What this task involves: Which lines in the records below contain the word "AreEndTurns"? Copy each one.

Supplied records:

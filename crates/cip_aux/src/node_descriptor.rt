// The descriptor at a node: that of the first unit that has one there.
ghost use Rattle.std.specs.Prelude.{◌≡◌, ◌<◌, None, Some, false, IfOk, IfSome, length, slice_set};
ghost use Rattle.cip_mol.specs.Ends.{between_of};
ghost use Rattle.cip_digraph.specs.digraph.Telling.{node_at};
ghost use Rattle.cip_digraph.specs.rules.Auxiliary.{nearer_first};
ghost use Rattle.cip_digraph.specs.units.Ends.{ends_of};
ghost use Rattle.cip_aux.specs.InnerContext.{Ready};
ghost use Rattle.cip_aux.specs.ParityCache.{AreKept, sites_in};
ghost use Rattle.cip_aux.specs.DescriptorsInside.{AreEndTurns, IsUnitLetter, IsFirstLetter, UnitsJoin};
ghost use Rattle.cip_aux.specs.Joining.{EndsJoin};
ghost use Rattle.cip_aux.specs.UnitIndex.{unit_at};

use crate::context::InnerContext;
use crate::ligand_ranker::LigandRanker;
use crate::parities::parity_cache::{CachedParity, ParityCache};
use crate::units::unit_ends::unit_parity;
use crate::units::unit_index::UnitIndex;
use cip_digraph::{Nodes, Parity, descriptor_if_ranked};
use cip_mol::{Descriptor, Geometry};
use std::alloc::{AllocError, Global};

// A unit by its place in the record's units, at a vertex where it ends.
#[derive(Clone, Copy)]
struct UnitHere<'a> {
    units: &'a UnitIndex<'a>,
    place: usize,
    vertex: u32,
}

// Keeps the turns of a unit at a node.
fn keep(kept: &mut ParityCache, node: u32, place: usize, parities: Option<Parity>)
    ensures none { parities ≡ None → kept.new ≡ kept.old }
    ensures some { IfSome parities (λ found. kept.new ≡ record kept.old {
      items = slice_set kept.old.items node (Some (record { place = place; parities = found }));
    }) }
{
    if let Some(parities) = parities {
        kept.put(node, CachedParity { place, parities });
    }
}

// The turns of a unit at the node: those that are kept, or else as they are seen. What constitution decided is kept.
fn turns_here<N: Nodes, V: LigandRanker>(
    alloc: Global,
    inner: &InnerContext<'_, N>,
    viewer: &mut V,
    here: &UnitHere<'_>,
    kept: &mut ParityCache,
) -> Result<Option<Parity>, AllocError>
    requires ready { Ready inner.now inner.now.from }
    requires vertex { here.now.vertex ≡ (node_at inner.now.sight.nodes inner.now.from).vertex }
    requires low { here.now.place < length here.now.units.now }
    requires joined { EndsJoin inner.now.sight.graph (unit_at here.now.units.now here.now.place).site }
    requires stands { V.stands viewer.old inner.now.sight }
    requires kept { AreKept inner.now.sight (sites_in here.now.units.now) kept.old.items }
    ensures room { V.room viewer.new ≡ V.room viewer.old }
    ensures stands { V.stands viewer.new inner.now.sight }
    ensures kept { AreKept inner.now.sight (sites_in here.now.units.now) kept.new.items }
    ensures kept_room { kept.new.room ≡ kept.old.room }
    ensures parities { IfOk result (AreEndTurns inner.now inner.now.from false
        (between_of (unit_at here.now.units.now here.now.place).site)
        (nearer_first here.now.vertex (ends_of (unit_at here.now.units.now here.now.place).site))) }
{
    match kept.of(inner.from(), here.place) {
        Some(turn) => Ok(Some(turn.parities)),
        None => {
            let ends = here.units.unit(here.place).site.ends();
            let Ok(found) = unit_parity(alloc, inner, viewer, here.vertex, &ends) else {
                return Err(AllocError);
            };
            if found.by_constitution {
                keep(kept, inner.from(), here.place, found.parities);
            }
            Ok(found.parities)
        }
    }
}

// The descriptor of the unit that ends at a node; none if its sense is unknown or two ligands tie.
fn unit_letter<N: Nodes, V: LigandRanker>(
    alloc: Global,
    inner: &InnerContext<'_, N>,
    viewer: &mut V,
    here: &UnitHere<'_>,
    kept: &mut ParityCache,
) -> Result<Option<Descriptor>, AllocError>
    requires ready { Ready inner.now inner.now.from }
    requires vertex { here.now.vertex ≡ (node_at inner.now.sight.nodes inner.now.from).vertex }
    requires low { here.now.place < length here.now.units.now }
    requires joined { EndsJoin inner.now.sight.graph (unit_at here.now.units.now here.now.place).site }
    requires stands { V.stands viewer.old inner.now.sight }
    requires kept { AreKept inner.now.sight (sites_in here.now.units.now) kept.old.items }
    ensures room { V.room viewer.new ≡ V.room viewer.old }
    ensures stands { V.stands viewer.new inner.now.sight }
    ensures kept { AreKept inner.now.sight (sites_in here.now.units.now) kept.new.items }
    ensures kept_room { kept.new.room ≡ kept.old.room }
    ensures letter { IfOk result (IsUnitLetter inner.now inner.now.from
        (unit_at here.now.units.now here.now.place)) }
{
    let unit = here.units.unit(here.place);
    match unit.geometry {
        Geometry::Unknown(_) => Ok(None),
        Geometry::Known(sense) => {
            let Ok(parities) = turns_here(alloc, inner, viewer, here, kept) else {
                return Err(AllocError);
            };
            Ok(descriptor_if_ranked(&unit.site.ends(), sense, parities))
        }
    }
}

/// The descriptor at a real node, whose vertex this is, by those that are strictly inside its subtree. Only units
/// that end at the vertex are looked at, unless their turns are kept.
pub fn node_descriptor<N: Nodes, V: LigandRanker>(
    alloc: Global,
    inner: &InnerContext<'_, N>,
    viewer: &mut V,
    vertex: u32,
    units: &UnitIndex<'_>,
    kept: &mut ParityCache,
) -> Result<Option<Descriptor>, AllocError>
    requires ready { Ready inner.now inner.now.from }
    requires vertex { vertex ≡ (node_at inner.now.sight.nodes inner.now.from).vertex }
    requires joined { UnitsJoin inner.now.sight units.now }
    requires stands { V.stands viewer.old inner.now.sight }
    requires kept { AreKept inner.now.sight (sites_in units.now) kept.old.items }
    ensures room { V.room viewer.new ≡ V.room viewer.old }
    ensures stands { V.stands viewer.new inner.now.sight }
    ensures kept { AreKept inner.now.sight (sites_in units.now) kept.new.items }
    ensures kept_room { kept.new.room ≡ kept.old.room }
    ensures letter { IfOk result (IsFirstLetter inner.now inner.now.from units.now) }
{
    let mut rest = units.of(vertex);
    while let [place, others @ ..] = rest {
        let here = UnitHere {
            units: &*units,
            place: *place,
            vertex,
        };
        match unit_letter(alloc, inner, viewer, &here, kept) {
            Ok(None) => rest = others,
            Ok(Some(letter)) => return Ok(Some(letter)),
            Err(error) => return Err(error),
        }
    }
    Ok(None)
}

Solution for this exercise:
ghost use Rattle.cip_aux.specs.DescriptorsInside.{AreEndTurns, IsUnitLetter, IsFirstLetter, UnitsJoin};
    ensures parities { IfOk result (AreEndTurns inner.now inner.now.from false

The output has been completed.